Kaldı ki; vergi alacağının nasıl ortadan kalkacağı, kanunda tadadı olarak sayılmış ve sadece sayılan (ödeme, uzlaşma, açılan dava sonunda lehe verilen karar neticesi dava konusu işlemin iptali, gerçek kişilerde ölüm, zamanaşımı, terkin, tarhiyattan vazgeçme vs) bu hallerin vukuunda alacağın tarh ve tahakkuk ettirilmeyeceği, tarh ve tahakkuk ettirilen vergininde takipten terkin edileceği kurala bağlanmıştır.
Şu halde, tüzel kişiliği sona eren şirketin önceki dönemlere ilişkin vergi borcunun tüzel kişiliği sona ermekle birlikte kalkacağına dair bir düzenleme olmadığı gibi, borcun hali hazırda kalkmaması, kanuni temsilcinin tasfiye döneminden önceki borçlara ilişkin sorumluluğunun da devam etmesi, fakat şirket adına tarhiyat yapılmasının da hukuken imkan dahilinde bulunmaması ve bu nedenle tahsili içinde şirket hakkında takibin mümkün olmaması nedeniyle, tüzel kişiliği sona eren şirket borcunun, 213 sayılı Yasanın 10. maddesinin son fıkrası kapsamında kanuni temsilcinin takibine gidilebilmesi içinde, öncelikle tarhiyata dair ihbarnamenin kanuni temsilci adına düzenlenerek tebliğ edilmesine bağlı olduğundan, sözü edilen şirket borcunun bu şekilde tahakkuk ettirilmesi gerekmektedir.
Dava dosyasının incelenmesinden, davacı adına, kanuni temsilcisi olduğu şirketin sahte fatura kullandığından bahisle vergi inceleme raporuna istinaden re’sen tarh edilen 2009/1 ila 7 dönemi vergi ziyaı cezalı katma değer vergisinin kaldırılması istemiyle açılan davayı kısmen kabul kısmen reddeden Mahkeme kararının “5520 sayılı Kurumlar Vergisi Kanunu’nun 17. maddesinin (mülga) 9. bendinin yürürlük tarihi olan 03/07/2009 tarihinden sonraki dönemler için vergisel yükümlülüklerini yerine getirmeyen kanuni temsilci ve tasfiye memurları adına tarhiyat yapılabileceği ve vergi cezası kesilebileceği, ancak bu tarihten önceki dönemler için anılan sorumlular adına tarhiyat yapılamayacağı ve ceza kesilemeyeceği dikkate alındığında, Tasfiye Halinde … Kağıt Matbaa Reklam Organizasyon Hizm.

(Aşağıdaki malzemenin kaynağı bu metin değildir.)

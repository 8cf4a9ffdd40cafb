// The first tick in which a condition is as wanted, becomes so, or has an event.
ghost use Rattle.std.specs.Prelude.{◌≡◌, ◌-◌, ◌*◌, ◌<◌, ◌≤◌, true};
ghost use Rattle.std.specs.Option.{unwrap_or};
ghost use Rattle.crossing.specs.Above.{becomes};
ghost use Rattle.crossing.specs.Events.{happens};
ghost use Rattle.search.specs.Walks.{First, Walked, start_for, wanted_for};

use super::signal::Signal;
use crossing::event::Event;
use height::meter::Meter;

// Where a search came to.
#[derive(Clone, Copy)]
pub struct Found {
    // the tick found, if there is one
    pub tick: Option<u64>,
    // the tick at which the walk would go on, up to which it stays as in the one found; the row's end if there is none
    pub till: u64,
    // how many ticks were evaluated
    pub evaluations: u64,
    // how many heights were worked out for them: as many as the signal says of each, which stands in the contracts, since it is the signal that knows it
    pub heights: u64,
}

// The first tick from one on in which the condition is as wanted.
pub fn first_where<S: Signal>(signal: &S, from: u64, wanted: bool) -> Found
    requires { «from» ≤ (S.course signal.now).stop }
    ensures first { First (S.course signal.now).so wanted «from» (S.course signal.now).stop result.tick }
    ensures walked { Walked (S.course signal.now) wanted «from» (unwrap_or result.tick (S.course signal.now).stop) result.till result.evaluations }
    ensures counted { result.heights ≡ result.evaluations * S.cost signal.now }
    ensures small { (result.heights ≤ 4 * result.evaluations) × ((S.course signal.now).stop ≤ 268435456) }
{
    let end = signal.end();
    let mut meter = Meter::new();
    let mut tick = from;
    let mut evaluations = 0;
    // The evaluation says where it goes on, so no range gives its ticks.
    while tick < end {
        let seen = signal.evaluate(tick, &mut meter);
        evaluations += 1;
        if seen.holds == wanted {
            return Found {
                tick: Some(tick),
                till: seen.till,
                evaluations,
                heights: meter.heights(),
            };
        }
        tick = seen.till;
    }
    Found {
        tick: None,
        till: tick,
        evaluations,
        heights: meter.heights(),
    }
}

// The first tick from one on in which the condition becomes as wanted: the first one in which it is, behind the first in which it is not.
// The second search goes on where the first one stopped, so the two are one walk.
pub fn first_turn<S: Signal>(signal: &S, from: u64, wanted: bool) -> Found
    requires { «from» < (S.course signal.now).stop }
    ensures first { First (becomes wanted (S.course signal.now).so) true «from» (S.course signal.now).stop result.tick }
    ensures walked { Walked (S.course signal.now) wanted («from» - 1) (unwrap_or result.tick (S.course signal.now).stop) result.till result.evaluations }
    ensures counted { result.heights ≡ result.evaluations * S.cost signal.now }
{
    let other = first_where(signal, from.saturating_sub(1), !wanted);
    let found = first_where(signal, other.till, wanted);
    Found {
        tick: found.tick,
        till: found.till,
        evaluations: other.evaluations + found.evaluations,
        heights: other.heights + found.heights,
    }
}

// The first tick from one on in which an event happens.
pub fn first_event<S: Signal>(signal: &S, event: Event, from: u64) -> Found
    requires { «from» < (S.course signal.now).stop }
    ensures first { First (happens event (S.course signal.now).so) true «from» (S.course signal.now).stop result.tick }
    ensures walked { Walked (S.course signal.now) (wanted_for event) (start_for event «from») (unwrap_or result.tick (S.course signal.now).stop) result.till result.evaluations }
    ensures counted { result.heights ≡ result.evaluations * S.cost signal.now }
{
    match event {
        Event::Above => first_where(signal, from, true),
        Event::Rise => first_turn(signal, from, true),
        Event::Set => first_turn(signal, from, false),
    }
}
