// What can be searched: a condition that holds in some ticks of a row.
ghost use Rattle.std.specs.Prelude.{◌≡◌, ℕ, ◌<◌, ◌≤◌};
ghost use Rattle.height.specs.Meters.{counted};
ghost use Rattle.search.specs.Walks.{Course, Seen};

use height::meter::Meter;

// What evaluating a tick says: whether the condition holds there, and up to which tick, without it, that stays so.
#[derive(Clone, Copy)]
pub struct Evaluation {
    pub holds: bool,
    pub till: u64,
}

pub trait Signal {
    // in which ticks the condition holds, how many ticks there are, and where a walk goes from each
    ghost course: { Self → Course };

    // how many heights are worked out to evaluate a tick
    ghost cost: { Self → ℕ };

    // How many ticks the row has.
    fn end(&self) -> u64
        ensures value { result ≡ (course self.now).stop }
        ensures few { result ≤ 268435456 }
        ensures cheap { cost self.now ≤ 4 };

    // One tick is evaluated, and the heights worked out for it are counted.
    fn evaluate(&self, tick: u64, meter: &mut Meter) -> Evaluation
        requires { tick < (course self.now).stop }
        ensures seen { Seen (course self.now) tick result.holds result.till }
        ensures counted { meter.new.heights ≡ counted meter.old.heights (cost self.now) };
}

Sanayi ve Ticaret Limited Şirketi’nin tasfiyesinin tamamlanması nedeniyle 2009/1 ila 7. dönemleri için davacı adına yapılan cezalı tarhiyatlarda hukuka uyarlık görülmemiştir.” gerekçesiyle bozulmasına karar verildiği anlaşılmaktadır.

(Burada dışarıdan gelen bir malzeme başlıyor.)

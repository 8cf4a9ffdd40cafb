// The walk from one rising or setting to the next.
ghost use Rattle.crossing.specs.Events.{crossings as crossings_of};
ghost use Rattle.search.specs.Walks.{Came, Gives, left};
ghost use Rattle.std.specs.Iterator.{at_most};
ghost use Rattle.std.specs.Prelude.{◌≡◌, ◌-◌, ◌<◌, ◌≤◌};

use super::first::first_where;
use super::signal::Signal;
use crossing::event::Crossing;
use height::meter::Meter;

// All risings and settings of the row's ticks from one on, in order of time.
#[derive(Drop)]
pub struct Crossings<'s, S: Signal> {
    signal: &'s S,
    // the tick where the walk goes on, and whether it is so in the tick before
    tick: u64,
    above: bool,
    // how many ticks were evaluated
    evaluations: u64,
    ghost short: { tick ≤ 268435456 },
    ghost inside: { tick ≤ (S.course signal.now).stop },
    ghost before: { tick < (S.course signal.now).stop → (0 < tick) × ((S.course signal.now).so (tick - 1) ≡ above) },
    ghost few: { evaluations ≤ tick },
}

impl<'s, S: Signal> Crossings<'s, S> {
    // The tick before the first one says what is so there.
    pub fn new(signal: &'s S, from: u64) -> Crossings<'s, S>
        ensures signal { result.signal.now ≡ signal.now }
        ensures came { Came (S.course signal.now) «from» result.tick result.evaluations }
        ensures whole { left (S.course signal.now) result.tick ≡ crossings_of (S.course signal.now).so «from» ((S.course signal.now).stop - «from») }
    {
        let end = signal.end();
        if from >= end {
            return Crossings {
                signal,
                tick: end,
                // no tick is left to ask it of
                above: false,
                evaluations: 0,
            };
        }
        let mut meter = Meter::new();
        let before = signal.evaluate(from.saturating_sub(1), &mut meter);
        Crossings {
            signal,
            tick: before.till,
            above: before.holds,
            evaluations: 1,
        }
    }

    // How many ticks were evaluated so far.
    pub fn evaluations(&self) -> u64
        ensures { result ≡ self.now.evaluations }
    {
        self.evaluations
    }
}

impl<S: Signal> Iterator for Crossings<'_, S> {
    type Item = Crossing;

    ghost next_gives = { λ c r e. (e.signal.now ≡ c.signal.now) × Gives (S.Signal.course c.signal.now) c.tick c.evaluations r e.tick e.evaluations };

    ghost remaining = { λ c. at_most ((S.Signal.course c.signal.now).stop - c.tick) };

    fn next(&mut self) -> Option<Crossing> {
        let found = first_where(self.signal, self.tick, !self.above);
        self.tick = found.till;
        self.evaluations += found.evaluations;
        let tick = found.tick?;
        self.above = !self.above;
        Some(Crossing {
            tick,
            rises: self.above,
        })
    }
}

5904 sayılı kanunun 6. maddesi ile 5520 sayılı Kanunun 17. maddesine eklenen 9. fıkrada, “salınacak her türlü vergi tarhiyatı ve kesilecek cezalar” hakkında açıkça bir düzenleme yapılmış olup, Mahkemenin “5520 sayılı Kanunun 17/9 maddesinin ise düzenlendiği yasa itibariyle şirketlerin kurumlar vergisi borçlarına ilişkin olduğu” gerekçesinde yasal isabet bulunmamakla birlikte, 5520 sayılı Kanunun 17/9 maddesinin yürürlüğe girdiği 03/07/2009 tarihinden önceki tarhiyatlara uygulanıp uygulanamayacağı hususu ihtilafın çözümü için önem arzetmektedir.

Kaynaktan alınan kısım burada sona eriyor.